## [DATA TO USE]
========

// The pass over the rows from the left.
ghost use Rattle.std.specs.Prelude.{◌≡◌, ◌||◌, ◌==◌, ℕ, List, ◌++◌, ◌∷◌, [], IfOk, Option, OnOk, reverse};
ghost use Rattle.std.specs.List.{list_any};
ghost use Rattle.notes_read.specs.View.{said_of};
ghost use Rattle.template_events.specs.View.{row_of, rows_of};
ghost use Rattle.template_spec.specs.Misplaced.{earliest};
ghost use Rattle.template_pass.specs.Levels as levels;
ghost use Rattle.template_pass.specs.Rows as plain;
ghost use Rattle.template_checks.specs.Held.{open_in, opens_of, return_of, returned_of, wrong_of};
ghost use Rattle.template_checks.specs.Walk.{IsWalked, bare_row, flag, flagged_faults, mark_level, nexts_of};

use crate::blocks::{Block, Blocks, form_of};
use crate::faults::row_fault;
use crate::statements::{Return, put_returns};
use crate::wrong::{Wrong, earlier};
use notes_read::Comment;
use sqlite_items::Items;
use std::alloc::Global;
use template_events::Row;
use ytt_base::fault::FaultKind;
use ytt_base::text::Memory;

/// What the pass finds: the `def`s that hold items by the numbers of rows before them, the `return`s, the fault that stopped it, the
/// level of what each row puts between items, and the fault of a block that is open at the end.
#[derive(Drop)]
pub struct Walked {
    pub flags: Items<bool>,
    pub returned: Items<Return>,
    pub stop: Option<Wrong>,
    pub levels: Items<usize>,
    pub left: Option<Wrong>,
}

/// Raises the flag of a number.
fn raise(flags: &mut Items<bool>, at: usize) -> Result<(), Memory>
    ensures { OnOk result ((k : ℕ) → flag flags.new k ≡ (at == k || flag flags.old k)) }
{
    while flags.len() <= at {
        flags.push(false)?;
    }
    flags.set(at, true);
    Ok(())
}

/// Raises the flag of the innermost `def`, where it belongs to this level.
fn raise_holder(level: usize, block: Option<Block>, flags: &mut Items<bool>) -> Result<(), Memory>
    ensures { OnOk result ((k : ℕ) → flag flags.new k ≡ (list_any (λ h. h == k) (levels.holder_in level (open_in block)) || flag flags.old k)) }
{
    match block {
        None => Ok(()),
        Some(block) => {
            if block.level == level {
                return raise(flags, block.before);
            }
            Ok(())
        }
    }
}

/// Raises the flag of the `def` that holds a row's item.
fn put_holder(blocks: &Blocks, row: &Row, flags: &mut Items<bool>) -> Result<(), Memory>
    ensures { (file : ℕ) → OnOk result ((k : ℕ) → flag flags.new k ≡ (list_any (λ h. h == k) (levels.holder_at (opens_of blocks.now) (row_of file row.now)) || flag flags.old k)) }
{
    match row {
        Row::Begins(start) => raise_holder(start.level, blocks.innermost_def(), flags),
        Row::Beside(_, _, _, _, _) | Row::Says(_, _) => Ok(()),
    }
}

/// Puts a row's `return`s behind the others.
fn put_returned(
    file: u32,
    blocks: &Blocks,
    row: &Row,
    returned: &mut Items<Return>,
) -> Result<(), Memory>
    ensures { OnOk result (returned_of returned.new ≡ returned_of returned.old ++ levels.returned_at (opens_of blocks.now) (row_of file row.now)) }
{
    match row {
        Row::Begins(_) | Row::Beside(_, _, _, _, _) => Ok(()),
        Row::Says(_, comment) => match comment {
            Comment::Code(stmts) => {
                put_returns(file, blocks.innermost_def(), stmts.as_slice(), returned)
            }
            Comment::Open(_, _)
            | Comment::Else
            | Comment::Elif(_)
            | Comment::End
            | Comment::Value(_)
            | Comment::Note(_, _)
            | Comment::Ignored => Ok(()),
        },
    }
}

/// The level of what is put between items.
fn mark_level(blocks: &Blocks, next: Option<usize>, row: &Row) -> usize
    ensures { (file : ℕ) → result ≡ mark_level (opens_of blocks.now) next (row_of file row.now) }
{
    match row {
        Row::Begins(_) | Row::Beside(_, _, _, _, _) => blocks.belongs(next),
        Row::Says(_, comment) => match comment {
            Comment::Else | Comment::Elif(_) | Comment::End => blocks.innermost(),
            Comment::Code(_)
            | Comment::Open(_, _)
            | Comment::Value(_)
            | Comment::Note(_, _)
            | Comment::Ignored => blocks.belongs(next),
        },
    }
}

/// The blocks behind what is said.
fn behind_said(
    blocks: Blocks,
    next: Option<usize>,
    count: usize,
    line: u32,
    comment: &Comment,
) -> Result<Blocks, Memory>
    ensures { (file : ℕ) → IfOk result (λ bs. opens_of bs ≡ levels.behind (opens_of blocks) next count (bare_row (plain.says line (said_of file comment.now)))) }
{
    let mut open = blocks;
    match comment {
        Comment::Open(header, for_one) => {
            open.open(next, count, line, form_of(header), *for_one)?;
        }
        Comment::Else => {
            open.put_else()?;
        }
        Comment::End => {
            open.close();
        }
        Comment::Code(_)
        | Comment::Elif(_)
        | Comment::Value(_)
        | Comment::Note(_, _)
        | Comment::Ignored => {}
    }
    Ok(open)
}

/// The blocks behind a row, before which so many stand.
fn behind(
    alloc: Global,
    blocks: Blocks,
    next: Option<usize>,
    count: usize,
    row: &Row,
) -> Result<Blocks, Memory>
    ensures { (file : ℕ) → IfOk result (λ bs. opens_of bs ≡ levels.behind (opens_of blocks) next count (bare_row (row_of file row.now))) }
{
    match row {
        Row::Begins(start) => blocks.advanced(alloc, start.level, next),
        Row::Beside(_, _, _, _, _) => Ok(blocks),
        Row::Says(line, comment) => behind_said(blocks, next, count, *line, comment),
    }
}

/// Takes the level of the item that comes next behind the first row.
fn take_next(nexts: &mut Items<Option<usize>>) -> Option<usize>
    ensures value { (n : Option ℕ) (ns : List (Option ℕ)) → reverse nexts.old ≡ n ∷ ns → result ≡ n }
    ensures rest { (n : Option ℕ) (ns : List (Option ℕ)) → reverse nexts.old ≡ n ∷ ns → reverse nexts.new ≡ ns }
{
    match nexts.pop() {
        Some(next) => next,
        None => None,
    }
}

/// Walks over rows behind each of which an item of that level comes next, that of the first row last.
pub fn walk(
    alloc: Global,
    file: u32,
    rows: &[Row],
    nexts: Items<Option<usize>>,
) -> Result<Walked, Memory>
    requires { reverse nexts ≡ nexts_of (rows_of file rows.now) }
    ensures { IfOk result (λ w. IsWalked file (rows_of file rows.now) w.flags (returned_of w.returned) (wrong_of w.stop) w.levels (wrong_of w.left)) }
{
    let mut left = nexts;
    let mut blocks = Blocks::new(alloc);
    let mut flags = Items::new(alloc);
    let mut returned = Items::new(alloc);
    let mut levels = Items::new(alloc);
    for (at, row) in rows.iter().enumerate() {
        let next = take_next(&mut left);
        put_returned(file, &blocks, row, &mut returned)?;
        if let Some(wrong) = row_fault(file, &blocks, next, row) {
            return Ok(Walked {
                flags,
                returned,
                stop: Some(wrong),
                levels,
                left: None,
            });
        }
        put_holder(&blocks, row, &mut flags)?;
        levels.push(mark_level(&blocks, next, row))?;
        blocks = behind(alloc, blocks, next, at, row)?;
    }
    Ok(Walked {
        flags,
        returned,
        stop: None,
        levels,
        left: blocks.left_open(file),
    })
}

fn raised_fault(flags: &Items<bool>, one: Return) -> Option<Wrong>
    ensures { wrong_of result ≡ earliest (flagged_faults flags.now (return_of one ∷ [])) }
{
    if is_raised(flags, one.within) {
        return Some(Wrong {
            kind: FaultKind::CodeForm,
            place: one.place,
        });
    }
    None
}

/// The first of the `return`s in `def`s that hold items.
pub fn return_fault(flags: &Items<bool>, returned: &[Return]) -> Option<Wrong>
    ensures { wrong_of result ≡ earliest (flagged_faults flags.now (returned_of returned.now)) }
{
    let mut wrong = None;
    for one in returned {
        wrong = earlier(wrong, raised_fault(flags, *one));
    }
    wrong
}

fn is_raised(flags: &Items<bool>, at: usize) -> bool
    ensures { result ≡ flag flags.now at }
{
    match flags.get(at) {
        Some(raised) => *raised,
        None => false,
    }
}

========

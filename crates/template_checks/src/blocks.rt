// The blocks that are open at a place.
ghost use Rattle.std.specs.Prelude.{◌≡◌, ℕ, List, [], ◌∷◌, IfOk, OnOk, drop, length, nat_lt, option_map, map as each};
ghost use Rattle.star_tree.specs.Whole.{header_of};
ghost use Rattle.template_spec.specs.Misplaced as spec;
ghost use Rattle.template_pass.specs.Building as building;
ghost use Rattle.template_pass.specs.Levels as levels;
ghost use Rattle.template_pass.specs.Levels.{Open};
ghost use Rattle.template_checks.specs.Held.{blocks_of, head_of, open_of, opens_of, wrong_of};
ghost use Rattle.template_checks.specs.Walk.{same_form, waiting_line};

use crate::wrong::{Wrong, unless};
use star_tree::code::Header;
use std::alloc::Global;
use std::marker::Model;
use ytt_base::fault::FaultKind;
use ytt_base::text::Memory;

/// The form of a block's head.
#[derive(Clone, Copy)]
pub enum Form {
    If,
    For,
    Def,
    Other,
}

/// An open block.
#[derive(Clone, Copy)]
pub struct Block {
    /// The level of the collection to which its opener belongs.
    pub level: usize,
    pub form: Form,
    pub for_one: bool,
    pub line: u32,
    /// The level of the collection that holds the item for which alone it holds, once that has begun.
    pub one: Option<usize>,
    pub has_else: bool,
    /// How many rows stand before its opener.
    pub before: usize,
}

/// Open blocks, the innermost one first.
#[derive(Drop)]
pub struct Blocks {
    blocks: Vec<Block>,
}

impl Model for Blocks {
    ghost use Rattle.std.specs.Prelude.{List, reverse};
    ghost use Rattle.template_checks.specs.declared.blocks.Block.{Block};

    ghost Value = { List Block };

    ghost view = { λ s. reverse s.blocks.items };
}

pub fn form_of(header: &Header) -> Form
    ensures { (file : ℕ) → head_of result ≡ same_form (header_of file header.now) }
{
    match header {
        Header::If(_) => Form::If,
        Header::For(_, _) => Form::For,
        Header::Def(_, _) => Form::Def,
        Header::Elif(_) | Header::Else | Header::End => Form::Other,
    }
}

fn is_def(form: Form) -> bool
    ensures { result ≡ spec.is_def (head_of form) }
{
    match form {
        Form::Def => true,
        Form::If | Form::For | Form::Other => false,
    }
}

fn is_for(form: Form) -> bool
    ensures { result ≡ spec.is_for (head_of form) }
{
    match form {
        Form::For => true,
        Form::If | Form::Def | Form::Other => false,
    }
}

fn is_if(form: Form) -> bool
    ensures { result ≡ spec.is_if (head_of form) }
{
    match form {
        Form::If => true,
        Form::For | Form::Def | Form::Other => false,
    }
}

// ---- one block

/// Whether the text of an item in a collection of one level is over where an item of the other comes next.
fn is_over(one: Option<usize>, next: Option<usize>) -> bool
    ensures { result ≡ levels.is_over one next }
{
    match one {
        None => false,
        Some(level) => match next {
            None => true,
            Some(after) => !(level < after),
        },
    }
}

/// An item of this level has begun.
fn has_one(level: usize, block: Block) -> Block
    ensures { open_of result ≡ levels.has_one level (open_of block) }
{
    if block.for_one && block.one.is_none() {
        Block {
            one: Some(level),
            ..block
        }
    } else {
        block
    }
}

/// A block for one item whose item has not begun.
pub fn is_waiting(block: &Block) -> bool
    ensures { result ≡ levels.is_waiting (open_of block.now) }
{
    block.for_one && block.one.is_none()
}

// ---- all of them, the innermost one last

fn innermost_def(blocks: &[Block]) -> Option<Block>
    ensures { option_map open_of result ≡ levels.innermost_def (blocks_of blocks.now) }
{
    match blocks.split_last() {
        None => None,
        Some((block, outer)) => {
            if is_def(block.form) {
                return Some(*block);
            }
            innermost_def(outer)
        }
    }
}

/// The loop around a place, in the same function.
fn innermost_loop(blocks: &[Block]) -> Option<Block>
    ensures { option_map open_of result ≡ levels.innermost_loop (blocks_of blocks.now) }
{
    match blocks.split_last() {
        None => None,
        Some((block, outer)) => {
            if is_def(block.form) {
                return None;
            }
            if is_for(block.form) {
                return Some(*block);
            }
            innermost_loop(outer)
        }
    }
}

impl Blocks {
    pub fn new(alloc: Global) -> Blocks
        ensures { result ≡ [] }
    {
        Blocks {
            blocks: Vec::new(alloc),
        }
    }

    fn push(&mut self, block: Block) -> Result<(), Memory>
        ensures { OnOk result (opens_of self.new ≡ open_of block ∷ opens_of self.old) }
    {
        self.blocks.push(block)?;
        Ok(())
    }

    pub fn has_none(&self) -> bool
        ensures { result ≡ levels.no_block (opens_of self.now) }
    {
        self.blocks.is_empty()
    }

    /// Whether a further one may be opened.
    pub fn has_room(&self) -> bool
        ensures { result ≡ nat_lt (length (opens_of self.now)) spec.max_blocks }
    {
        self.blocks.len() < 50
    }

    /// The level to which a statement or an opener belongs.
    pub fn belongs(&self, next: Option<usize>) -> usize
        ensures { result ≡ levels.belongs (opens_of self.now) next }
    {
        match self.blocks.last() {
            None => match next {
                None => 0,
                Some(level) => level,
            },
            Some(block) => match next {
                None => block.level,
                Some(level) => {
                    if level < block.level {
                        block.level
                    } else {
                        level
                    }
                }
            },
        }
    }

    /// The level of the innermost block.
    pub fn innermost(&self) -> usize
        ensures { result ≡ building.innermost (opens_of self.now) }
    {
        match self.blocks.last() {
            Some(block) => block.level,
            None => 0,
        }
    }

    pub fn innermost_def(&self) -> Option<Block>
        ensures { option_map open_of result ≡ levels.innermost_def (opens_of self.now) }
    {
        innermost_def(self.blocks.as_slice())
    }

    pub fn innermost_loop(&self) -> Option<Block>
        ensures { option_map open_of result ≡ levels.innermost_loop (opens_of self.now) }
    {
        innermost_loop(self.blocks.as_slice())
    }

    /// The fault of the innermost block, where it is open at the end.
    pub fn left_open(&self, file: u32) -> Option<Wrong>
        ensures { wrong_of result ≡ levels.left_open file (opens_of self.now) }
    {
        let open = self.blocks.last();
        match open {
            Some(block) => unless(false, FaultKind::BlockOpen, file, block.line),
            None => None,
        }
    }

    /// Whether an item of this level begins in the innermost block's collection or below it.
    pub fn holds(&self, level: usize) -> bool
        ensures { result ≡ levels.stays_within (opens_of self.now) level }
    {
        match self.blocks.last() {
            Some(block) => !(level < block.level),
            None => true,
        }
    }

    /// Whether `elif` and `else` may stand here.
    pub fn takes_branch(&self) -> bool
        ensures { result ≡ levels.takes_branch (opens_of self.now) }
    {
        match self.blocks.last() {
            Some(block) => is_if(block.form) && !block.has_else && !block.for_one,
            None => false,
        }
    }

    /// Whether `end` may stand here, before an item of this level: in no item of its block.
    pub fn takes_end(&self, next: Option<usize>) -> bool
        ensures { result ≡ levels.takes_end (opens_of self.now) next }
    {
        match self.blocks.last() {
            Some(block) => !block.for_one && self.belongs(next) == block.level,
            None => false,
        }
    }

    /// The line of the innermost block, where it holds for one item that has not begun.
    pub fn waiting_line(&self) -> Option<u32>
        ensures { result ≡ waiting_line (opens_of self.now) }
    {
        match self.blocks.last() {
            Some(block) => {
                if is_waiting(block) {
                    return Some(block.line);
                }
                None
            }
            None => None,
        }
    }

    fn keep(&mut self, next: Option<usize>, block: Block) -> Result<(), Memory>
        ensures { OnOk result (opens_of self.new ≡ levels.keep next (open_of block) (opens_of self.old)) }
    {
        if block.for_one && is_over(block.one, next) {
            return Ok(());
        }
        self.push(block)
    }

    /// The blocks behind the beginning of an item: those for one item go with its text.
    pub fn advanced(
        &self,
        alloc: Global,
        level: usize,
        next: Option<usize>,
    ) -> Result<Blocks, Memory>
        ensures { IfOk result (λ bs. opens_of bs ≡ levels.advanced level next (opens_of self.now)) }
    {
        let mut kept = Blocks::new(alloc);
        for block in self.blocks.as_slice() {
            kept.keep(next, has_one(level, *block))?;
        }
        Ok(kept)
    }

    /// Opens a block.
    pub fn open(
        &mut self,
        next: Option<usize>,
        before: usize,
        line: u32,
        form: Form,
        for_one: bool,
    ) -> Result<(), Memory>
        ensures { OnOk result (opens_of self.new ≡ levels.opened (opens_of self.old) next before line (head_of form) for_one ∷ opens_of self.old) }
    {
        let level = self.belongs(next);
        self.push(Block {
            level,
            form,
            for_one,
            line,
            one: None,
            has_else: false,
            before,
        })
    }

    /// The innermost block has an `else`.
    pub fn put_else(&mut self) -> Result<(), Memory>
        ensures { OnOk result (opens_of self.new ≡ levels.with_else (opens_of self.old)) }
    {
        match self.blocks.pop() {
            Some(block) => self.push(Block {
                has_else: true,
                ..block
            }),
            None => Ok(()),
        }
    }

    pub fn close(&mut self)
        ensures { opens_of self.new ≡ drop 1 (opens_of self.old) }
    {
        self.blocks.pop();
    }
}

========

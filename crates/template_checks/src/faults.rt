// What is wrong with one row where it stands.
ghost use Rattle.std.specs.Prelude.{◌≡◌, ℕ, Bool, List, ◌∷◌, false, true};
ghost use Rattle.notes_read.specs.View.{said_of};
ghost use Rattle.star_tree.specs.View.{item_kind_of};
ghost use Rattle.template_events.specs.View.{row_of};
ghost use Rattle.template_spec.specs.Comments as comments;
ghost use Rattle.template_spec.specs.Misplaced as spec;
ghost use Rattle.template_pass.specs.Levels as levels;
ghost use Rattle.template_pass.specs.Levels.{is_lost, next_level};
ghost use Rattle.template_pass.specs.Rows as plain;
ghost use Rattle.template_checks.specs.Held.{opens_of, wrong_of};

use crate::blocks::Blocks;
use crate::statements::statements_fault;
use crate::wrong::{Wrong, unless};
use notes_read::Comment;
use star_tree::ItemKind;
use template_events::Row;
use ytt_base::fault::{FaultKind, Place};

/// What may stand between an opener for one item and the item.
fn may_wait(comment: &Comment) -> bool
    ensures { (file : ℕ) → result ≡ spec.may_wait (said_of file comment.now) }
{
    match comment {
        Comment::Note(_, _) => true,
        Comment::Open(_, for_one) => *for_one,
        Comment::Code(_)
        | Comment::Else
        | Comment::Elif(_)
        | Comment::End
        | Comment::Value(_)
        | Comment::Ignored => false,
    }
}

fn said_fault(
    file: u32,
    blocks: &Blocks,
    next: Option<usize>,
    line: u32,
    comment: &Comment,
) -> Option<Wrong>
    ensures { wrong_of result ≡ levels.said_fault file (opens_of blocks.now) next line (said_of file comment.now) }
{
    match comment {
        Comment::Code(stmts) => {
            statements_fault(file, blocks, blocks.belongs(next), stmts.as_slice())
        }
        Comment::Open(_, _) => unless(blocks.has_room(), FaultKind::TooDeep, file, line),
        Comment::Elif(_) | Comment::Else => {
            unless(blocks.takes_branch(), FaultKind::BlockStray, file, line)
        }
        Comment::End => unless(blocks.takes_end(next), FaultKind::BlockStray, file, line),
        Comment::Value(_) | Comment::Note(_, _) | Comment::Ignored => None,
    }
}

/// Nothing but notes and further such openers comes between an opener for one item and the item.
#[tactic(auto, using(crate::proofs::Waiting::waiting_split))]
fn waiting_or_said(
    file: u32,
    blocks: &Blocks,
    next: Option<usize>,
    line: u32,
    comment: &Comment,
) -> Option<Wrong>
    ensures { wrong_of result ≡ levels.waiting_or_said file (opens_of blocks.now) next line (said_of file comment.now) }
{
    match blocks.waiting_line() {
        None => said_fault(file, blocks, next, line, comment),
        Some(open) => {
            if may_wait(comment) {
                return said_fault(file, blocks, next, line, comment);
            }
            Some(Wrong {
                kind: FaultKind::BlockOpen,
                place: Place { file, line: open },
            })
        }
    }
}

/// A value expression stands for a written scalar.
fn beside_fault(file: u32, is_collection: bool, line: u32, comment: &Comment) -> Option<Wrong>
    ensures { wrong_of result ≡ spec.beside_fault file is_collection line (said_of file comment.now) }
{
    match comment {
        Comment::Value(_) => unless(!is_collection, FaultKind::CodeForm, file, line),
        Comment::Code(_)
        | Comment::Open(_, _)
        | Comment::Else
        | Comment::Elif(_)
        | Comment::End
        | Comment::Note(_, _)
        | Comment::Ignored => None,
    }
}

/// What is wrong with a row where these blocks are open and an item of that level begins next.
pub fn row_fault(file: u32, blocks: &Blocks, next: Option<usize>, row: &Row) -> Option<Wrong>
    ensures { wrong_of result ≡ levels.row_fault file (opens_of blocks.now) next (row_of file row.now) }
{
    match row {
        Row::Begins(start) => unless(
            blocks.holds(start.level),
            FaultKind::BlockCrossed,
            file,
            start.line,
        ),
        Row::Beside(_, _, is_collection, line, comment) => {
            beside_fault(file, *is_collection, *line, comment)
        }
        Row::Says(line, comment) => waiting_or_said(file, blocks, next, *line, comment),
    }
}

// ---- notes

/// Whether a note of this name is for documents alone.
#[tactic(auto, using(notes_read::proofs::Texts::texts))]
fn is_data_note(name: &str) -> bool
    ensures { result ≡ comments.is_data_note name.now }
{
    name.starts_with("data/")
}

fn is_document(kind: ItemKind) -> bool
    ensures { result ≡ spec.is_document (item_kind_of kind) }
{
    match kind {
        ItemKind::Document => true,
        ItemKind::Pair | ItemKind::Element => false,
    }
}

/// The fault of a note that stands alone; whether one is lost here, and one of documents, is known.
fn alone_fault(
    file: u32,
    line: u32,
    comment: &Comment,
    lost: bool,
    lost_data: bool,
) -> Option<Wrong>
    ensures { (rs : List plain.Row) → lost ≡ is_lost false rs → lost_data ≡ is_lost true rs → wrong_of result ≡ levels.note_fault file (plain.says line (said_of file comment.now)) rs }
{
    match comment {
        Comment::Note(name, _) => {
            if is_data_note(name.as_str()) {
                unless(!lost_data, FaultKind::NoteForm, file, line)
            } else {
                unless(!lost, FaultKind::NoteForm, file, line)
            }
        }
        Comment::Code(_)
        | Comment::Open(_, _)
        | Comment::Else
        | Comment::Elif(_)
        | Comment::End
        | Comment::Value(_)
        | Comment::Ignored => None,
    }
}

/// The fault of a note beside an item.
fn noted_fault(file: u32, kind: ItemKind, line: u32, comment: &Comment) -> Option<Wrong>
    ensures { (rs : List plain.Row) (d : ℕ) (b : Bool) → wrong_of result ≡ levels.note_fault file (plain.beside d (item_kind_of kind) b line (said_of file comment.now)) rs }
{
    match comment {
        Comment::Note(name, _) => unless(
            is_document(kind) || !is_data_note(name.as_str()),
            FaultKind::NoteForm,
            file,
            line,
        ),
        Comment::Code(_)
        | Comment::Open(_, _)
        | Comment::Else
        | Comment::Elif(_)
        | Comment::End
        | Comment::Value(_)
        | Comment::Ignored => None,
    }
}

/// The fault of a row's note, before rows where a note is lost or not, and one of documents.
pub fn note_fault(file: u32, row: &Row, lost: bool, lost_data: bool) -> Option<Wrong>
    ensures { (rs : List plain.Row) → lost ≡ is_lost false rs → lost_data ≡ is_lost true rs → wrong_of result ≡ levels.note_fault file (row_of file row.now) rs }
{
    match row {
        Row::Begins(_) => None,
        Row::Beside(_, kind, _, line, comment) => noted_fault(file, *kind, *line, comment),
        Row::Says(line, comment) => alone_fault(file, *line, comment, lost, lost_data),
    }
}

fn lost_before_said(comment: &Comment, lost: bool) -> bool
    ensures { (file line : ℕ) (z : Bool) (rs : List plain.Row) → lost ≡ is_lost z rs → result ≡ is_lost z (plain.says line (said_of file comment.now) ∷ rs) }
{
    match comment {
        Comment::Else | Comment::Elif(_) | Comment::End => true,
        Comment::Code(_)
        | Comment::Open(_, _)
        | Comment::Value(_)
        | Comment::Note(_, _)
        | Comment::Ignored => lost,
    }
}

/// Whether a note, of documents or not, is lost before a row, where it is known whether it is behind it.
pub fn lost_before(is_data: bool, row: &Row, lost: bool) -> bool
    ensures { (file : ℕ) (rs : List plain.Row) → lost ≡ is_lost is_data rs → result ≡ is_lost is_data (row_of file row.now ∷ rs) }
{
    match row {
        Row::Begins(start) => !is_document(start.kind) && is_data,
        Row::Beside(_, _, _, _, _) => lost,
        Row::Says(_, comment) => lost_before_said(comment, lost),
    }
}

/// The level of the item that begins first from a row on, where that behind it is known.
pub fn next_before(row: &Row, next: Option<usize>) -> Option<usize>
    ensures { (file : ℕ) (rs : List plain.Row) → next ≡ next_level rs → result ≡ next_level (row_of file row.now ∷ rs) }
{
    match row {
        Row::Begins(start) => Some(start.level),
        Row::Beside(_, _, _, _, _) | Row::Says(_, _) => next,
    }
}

========

## [WHAT IS EXPECTED]
In the listing above, find the line with "level has begun." and the line with "fn innermost_def(blocks: &[Block])", then print exactly those two lines and every line between them, and nothing more.

## [PROBLEM SOLUTION]
/// An item of this level has begun.
fn has_one(level: usize, block: Block) -> Block
    ensures { open_of result ≡ levels.has_one level (open_of block) }
{
    if block.for_one && block.one.is_none() {
        Block {
            one: Some(level),
            ..block
        }
    } else {
        block
    }
}

/// A block for one item whose item has not begun.
pub fn is_waiting(block: &Block) -> bool
    ensures { result ≡ levels.is_waiting (open_of block.now) }
{
    block.for_one && block.one.is_none()
}

// ---- all of them, the innermost one last

fn innermost_def(blocks: &[Block]) -> Option<Block>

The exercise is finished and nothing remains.